Exercise
Gather every line from the entries below that includes "tactic".

** Excerpted records follows **

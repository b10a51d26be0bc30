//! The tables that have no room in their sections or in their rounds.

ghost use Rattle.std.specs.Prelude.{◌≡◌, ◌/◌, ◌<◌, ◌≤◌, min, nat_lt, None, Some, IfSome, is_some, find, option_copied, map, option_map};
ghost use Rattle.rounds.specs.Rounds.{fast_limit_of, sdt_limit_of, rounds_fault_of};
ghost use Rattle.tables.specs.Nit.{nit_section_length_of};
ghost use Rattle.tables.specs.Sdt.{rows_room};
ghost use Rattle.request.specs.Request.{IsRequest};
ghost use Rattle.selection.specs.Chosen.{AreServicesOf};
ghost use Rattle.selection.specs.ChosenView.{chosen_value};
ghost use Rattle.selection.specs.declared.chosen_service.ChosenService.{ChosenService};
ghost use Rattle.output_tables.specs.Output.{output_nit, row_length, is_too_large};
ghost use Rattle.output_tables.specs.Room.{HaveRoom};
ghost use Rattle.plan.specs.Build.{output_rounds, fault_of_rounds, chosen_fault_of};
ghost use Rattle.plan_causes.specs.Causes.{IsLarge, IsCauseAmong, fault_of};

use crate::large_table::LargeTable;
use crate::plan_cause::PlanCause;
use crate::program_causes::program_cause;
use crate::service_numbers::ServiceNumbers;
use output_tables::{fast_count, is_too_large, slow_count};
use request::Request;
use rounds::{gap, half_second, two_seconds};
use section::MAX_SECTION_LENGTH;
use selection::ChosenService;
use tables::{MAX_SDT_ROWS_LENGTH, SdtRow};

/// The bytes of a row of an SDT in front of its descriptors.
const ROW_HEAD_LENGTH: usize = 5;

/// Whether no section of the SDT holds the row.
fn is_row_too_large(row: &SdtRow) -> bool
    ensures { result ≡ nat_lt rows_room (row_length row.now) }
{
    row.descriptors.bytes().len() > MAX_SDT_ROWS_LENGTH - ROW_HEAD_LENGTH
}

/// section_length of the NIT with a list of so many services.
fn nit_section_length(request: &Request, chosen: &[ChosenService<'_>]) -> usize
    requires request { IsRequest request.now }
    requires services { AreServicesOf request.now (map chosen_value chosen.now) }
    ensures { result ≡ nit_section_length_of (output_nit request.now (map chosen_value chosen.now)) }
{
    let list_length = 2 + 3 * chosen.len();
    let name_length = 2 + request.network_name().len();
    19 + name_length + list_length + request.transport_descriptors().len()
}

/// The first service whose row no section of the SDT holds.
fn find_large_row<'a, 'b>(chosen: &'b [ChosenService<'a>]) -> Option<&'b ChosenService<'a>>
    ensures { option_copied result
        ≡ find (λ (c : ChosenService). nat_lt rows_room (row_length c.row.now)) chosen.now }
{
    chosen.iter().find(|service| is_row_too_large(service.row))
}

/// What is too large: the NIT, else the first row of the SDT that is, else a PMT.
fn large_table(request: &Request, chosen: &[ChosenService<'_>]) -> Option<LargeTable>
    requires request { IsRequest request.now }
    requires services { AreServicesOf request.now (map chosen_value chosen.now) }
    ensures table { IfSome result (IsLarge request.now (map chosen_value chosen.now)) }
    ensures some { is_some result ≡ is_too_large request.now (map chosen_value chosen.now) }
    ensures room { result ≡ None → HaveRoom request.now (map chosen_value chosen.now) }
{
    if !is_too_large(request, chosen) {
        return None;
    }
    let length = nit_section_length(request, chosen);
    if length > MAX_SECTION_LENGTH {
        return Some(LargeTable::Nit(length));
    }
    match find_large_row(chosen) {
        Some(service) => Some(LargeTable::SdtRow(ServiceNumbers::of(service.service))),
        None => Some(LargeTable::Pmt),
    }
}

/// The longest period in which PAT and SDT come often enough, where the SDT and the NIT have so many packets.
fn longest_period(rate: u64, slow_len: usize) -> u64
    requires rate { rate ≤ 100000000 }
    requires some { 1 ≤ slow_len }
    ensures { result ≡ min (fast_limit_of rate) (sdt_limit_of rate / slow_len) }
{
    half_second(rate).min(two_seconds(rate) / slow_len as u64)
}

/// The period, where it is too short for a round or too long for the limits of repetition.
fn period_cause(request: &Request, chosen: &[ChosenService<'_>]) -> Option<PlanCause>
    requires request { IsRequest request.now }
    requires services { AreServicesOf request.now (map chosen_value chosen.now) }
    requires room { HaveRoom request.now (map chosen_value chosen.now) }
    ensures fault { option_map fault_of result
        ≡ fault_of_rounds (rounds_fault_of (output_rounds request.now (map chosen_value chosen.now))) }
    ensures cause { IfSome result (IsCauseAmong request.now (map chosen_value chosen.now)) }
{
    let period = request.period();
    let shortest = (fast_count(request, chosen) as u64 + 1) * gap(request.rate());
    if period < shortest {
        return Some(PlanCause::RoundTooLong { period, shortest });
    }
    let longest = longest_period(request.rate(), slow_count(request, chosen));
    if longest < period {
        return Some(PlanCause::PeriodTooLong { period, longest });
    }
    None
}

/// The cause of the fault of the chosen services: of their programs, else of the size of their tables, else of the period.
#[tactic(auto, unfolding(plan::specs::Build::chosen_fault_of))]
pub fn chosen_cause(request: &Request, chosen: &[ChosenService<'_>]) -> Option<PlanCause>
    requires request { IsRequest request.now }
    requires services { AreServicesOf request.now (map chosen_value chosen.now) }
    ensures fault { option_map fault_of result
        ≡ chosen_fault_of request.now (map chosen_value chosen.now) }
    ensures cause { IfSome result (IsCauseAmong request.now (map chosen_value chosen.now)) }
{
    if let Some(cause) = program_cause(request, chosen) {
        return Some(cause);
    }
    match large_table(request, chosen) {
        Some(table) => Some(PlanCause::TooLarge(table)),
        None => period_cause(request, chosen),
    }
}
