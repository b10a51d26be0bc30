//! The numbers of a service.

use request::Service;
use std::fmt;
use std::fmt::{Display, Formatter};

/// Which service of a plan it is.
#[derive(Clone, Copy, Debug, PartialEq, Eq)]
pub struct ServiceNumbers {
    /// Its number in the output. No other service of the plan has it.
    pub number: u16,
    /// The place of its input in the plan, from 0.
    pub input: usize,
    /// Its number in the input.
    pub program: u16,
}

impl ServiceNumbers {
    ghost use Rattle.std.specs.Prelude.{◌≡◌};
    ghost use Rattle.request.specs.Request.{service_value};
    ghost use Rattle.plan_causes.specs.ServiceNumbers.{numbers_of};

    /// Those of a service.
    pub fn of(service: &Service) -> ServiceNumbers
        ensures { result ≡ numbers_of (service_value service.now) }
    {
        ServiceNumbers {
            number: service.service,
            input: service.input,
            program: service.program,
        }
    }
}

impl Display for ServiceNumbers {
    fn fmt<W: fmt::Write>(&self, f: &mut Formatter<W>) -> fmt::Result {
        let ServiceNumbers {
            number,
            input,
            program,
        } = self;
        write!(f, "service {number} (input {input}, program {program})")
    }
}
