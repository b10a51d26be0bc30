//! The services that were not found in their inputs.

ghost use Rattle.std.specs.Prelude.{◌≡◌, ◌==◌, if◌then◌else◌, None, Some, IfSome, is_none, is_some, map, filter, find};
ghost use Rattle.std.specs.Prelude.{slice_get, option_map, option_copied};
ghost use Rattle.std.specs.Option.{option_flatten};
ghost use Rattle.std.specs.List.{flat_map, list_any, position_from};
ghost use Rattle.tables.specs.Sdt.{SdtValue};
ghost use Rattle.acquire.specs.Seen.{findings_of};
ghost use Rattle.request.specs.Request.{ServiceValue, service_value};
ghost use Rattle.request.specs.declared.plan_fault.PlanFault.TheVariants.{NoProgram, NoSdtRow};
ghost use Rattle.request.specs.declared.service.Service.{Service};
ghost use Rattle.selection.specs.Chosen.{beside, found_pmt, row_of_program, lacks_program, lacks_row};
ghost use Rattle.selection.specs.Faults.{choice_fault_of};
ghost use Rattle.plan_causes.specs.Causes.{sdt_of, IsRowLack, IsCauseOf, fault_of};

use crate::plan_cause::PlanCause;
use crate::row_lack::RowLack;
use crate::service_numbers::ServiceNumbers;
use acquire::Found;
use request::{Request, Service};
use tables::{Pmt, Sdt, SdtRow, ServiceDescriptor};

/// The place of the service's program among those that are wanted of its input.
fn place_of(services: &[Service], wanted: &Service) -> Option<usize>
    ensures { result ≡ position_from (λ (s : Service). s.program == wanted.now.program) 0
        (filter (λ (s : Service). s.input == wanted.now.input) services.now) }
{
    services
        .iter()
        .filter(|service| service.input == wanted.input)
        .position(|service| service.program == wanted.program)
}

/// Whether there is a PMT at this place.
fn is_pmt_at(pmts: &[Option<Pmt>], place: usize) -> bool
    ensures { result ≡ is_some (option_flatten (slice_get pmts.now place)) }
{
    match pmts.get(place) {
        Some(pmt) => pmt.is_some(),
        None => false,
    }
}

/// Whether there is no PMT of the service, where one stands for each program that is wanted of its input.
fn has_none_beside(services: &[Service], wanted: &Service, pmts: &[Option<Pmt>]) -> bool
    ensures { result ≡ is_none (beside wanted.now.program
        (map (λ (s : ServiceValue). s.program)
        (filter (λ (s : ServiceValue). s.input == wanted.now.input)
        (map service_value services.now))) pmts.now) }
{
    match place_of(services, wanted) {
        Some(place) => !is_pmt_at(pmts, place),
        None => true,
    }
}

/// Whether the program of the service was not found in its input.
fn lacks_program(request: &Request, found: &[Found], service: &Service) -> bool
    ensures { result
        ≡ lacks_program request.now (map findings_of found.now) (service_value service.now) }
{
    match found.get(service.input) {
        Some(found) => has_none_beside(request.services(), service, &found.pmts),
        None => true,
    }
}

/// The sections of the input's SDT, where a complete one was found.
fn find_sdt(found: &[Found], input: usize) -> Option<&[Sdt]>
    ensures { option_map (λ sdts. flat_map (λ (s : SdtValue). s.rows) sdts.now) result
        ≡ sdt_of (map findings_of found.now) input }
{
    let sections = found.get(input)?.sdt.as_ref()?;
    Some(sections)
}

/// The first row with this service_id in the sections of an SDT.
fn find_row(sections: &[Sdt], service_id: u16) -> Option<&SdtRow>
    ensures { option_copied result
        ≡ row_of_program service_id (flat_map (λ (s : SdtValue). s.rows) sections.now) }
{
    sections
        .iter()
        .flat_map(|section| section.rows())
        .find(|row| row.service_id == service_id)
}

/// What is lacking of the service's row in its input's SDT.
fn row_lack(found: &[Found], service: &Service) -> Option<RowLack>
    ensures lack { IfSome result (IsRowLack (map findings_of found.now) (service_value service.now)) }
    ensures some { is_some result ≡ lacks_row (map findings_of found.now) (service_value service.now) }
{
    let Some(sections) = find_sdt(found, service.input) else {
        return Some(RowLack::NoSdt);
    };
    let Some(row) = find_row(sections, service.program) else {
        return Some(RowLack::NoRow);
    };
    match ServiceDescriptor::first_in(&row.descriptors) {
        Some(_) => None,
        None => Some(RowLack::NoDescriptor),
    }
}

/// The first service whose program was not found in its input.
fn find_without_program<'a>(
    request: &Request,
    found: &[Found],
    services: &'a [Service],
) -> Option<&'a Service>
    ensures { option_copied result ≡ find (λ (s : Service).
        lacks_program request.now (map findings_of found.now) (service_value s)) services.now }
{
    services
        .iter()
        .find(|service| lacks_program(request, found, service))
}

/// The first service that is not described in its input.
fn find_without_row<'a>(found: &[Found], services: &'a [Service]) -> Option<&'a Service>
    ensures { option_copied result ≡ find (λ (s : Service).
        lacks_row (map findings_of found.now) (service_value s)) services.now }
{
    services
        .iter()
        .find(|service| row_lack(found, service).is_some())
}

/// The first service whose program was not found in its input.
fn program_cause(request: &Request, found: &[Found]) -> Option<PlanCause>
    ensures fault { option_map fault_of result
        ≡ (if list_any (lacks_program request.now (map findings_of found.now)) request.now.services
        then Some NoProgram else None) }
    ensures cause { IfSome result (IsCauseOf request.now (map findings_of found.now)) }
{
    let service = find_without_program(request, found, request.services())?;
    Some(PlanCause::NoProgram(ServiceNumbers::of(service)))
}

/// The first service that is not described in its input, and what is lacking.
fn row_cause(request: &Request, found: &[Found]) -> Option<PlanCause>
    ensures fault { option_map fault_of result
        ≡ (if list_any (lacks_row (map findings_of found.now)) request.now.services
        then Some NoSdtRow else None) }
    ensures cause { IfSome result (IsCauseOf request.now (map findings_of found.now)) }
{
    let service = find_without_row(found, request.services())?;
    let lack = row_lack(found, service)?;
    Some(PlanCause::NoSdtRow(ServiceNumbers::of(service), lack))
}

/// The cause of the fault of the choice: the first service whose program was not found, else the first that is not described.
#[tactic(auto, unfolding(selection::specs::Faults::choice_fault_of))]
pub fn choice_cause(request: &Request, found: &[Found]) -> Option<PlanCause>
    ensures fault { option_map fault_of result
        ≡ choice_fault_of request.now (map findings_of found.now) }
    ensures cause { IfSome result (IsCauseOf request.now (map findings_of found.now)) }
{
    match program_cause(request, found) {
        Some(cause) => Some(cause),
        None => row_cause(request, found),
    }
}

** End of Excerpted records **

Task response
#[tactic(auto, unfolding(plan::specs::Build::chosen_fault_of))]
#[tactic(auto, unfolding(selection::specs::Faults::choice_fault_of))]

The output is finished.